Her singing career was halted in 1982, when she was arrested by the Sigurimi with the pretence of committing "agitation and propaganda against the government", while being a member of the Party of Labour of Albania, the Central Committee of the BRPSh, and studying in the political V.I. Lenin Higher Party Institution. The compromising evidence was a brief comment in her personal diary, mentioning the harsh living conditions of the cooperatives workers in the provinces. The diary was read, stolen, and handed over to the authorities. The long interrogation period and the risk of persecution and retaliation towards family and friends of a suspected political "enemy" led to her divorce from her husband, with Hisku obtaining custody of their two sons later through difficulties. Nevertheless, she was not imprisoned. With the beginning of the fall of communism in Albania, in 1990, she fled with her two children to Germany, where she applied for political asylum.

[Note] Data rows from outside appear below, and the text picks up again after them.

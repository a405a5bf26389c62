// The style record of a text, read from the value of a field 16.
// A tag stays a byte of the file (`verify::tables`).

#![tactic(auto)]

ghost use Rattle.std.specs.Prelude.{◌≡◌, true, ◌≤◌};
ghost use Rattle.std.proofs.Math.Option.{some};
ghost use Rattle.std.specs.Float.{binary32};
ghost use Rattle.std.specs.Float.Ieee.{to_bits};
ghost use Rattle.rules.specs.Walk.{right_opacity};
ghost use Rattle.rules.specs.Layout as layout;
ghost use Rattle.styles.specs.Ran.{Ran};
ghost use Rattle.styles.specs.Said.{said_styles, is_there, Allowed};
ghost use Rattle.styles.specs.StylesIn.{no_styles, given_size, with_field, styles_in, ColourAlone};
ghost use Rattle.styles.specs.WidthIn.{script_with, width_with};

use fields::{Field, field_at};

// A value stands beside its flag, and counts where the flag is set: document 01's form of the record, and no Option. In this order there is no gap between
// the fields; one would be copied by itself whenever a style is handed on.
#[derive(Debug, Clone, Copy, PartialEq, Default)]
pub struct Styles {
    pub has_colour: bool,
    pub colour: [u8; 3],
    pub opacity: f32,
    pub has_opacity: bool,
    pub has_thickness: bool,
    pub thickness: i8,
    pub has_size: bool,
    pub size: i8,
    pub subscript: bool,
    pub superscript: bool,
    pub dim: bool,
    pub underline: bool,
}

// The style of a 16 without fields.
#[tactic(auto, using(crate::proofs::Parts::none_said))]
pub fn none() -> Styles
    ensures { said_styles result ≡ no_styles }
{
    Styles::default()
}

// The bits of 1/1024 and of 1.
const LEAST_OPACITY: u32 = 0x3a80_0000;

const MOST_OPACITY: u32 = 0x3f80_0000;

// Bits of an opacity: +0, or from 1/1024 to 1. None of them is a NaN, of which `f32::from_bits` makes no float.
fn opacity_allowed(bits: u32) -> bool
    ensures { result ≡ right_opacity bits }
{
    bits == 0 || LEAST_OPACITY <= bits && bits <= MOST_OPACITY
}

// A field 32 put in.
#[tactic(auto, using(crate::proofs::Parts::no_colour))]
fn with_colour(mut st: Styles, v: &[u8]) -> Styles
    ensures { said_styles result ≡ with_field (said_styles st) 32 v.now }
{
    let &[r, g, b] = v else {
        return st;
    };
    st.has_colour = true;
    st.colour = [r, g, b];
    st
}

// A field 33 put in.
#[tactic(auto, using(crate::proofs::Parts::no_opacity))]
fn with_opacity(mut st: Styles, v: &[u8]) -> Styles
    ensures { said_styles result ≡ with_field (said_styles st) 33 v.now }
{
    let &[a, b, c, d] = v else {
        return st;
    };
    let bits = u32::from_be_bytes([a, b, c, d]);
    if !opacity_allowed(bits) {
        return st;
    }
    st.has_opacity = true;
    st.opacity = f32::from_bits(bits);
    st
}

// A field 34 put in.
#[tactic(auto, using(crate::proofs::Parts::no_thickness))]
fn with_thickness(mut st: Styles, v: &[u8]) -> Styles
    ensures { said_styles result ≡ with_field (said_styles st) 34 v.now }
{
    let &[b] = v else {
        return st;
    };
    st.has_thickness = true;
    st.thickness = b.cast_signed();
    st
}

// The largest size that is allowed.
const MAX_SIZE: i8 = 117;

// The size that a field 35 says, where it counts.
#[tactic(auto, using(crate::proofs::Sizes::no_size))]
fn size_in(v: &[u8]) -> Option<i8>
    ensures { result ≡ given_size v.now }
{
    let &[b] = v else {
        return None;
    };
    let size = b.cast_signed();
    if size <= MAX_SIZE { Some(size) } else { None }
}

// A field 35 put in.
fn with_size(mut st: Styles, v: &[u8]) -> Styles
    ensures { said_styles result ≡ with_field (said_styles st) 35 v.now }
{
    let Some(size) = size_in(v) else {
        return st;
    };
    st.has_size = true;
    st.size = size;
    st
}

// A field from 36 to 39 put in: a flag, which has no value.
fn with_flag(mut st: Styles, tag: u8, v: &[u8]) -> Styles
    ensures { 36 ≤ tag → tag ≤ 39 → said_styles result ≡ with_field (said_styles st) tag v.now }
{
    if !v.is_empty() {
        return st;
    }
    match tag {
        36 => st.subscript = true,
        37 => st.superscript = true,
        38 => st.dim = true,
        _ => st.underline = true,
    }
    st
}

// A field put in, by its tag; one with any other tag is passed over. Each flag has its own arm: the compiler then knows the tag in `with_flag`.
#[tactic(auto, using(crate::proofs::Parts::other_tag))]
fn with_field(st: Styles, tag: u8, v: &[u8]) -> Styles
    ensures { said_styles result ≡ with_field (said_styles st) tag v.now }
{
    match tag {
        32 => with_colour(st, v),
        33 => with_opacity(st, v),
        34 => with_thickness(st, v),
        35 => with_size(st, v),
        36 => with_flag(st, 36, v),
        37 => with_flag(st, 37, v),
        38 => with_flag(st, 38, v),
        39 => with_flag(st, 39, v),
        _ => st,
    }
}

// Whether the fields of some bytes are a colour alone, as those of most texts are.
fn is_colour(v: &[u8]) -> bool
    ensures { result ≡ true → ColourAlone v.now }
{
    v.len() == 6 && v[0] == 32 && v[1] == 0 && v[2] == 3
}

// What `step` makes of `start` over the fields of some bytes, each by its tag and its value, from the front. A field that is not whole stops.
#[tactic(auto, using(crate::proofs::Reading::whole_fields))]
fn over_fields<A: Copy, F: Fn(A, u8, &[u8]) -> A>(v: &[u8], start: A, step: F) -> A
    requires { F.IsAlwaysCallable step }
    ensures { Ran (λ a t x r. F.post step a t x r) v.now 0 start result }
{
    let mut a = start;
    let mut at = 0;
    // no plainer by an iterator, whose `next` would have to find where each field ends
    while let Field::Whole { tag, from, to } = field_at(v, at) {
        a = step(a, tag, &v[from..to]);
        at = to;
    }
    a
}

// The style that the fields of some bytes say.
pub fn read_styles(v: &[u8]) -> Styles
    ensures { said_styles result ≡ styles_in v.now }
{
    if is_colour(v) {
        return with_colour(none(), &v[3..6]);
    }
    over_fields(v, none(), with_field)
}

// Whether the style has an effective size: field 35, or -2 under 36 or 37.
pub fn has_effective(st: Styles) -> bool
    ensures { result ≡ is_there (layout.effective (said_styles st)) }
{
    st.has_size || st.subscript || st.superscript
}

// The opacity's bits. That it is allowed rules out a NaN, which has no bits.
pub fn opacity_bits(st: Styles) -> u32
    requires has_opacity_value { st.has_opacity ≡ true }
    requires allowed { Allowed (said_styles st).opacity }
    ensures { result ≡ to_bits binary32 st.opacity }
{
    st.opacity.to_bits()
}

// Added to a byte's width once a size was read: a script then says nothing.
const SIZED: u16 = 256;

// The width of a byte under 36 or 37.
const SCRIPT_WIDTH: u16 = 8;

// The width of a byte at a size: 10 and the size, or 0 where that is negative.
fn sized_width(size: i8) -> u16
    ensures { result ≡ layout.byte_width (some size) }
{
    (10 + i16::from(size)).max(0).cast_unsigned()
}

// A field 35 put into a byte's width.
fn with_size_width(w: u16, v: &[u8]) -> u16
    ensures { result ≡ width_with w 35 v.now }
{
    match size_in(v) {
        Some(size) => SIZED + sized_width(size),
        None => w,
    }
}

// A field 36 or 37 put into a byte's width.
fn with_script_width(w: u16, v: &[u8]) -> u16
    ensures { result ≡ script_with w v.now }
{
    if v.is_empty() && w < SIZED {
        SCRIPT_WIDTH
    } else {
        w
    }
}

// A field put into a byte's width, by its tag; only sizes and scripts say something.
#[tactic(auto, using(crate::proofs::Widths::script_put, crate::proofs::Widths::other_width))]
fn with_width(w: u16, tag: u8, v: &[u8]) -> u16
    ensures { result ≡ width_with w tag v.now }
{
    match tag {
        35 => with_size_width(w, v),
        36 | 37 => with_script_width(w, v),
        _ => w,
    }
}

// The width of one byte under the style that the fields of some bytes say, in tenths of a column. It is read alone, since layout needs no more.
pub fn byte_width_in(v: &[u8]) -> u16
    ensures { result ≡ layout.byte_width (layout.effective (styles_in v.now)) }
{
    over_fields(v, 10, with_width) % SIZED
}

She remarried in Germany, and gave birth to a daughter. In 2005, after 15 years, she returned for the first time to the Albanian singing scene on a show of an Albanian TV station where she sang a few songs and was voted the best singer of the 1970s. The following year, her new album Kthimi (The comeback) came out. In 2009, she published an autobiography entitled Die Hofnärrin des Diktators – Von der Propaganda missbraucht, vom Publikum geliebt, von den Mächtigen verboten (The dictator's fool - abused by the propaganda, loved by the audience, forbidden by the powerful).

==Publications==
- Die Hofnärrin des Diktators – Von der Propaganda missbraucht, vom Publikum geliebt, von den Mächtigen verboten [The dictator's fool - abused by the propaganda, loved by the audience, forbidden by the powerful], ed. Annette Piechutta, Fulda Parzeller, 2009. ISBN 9783790004144.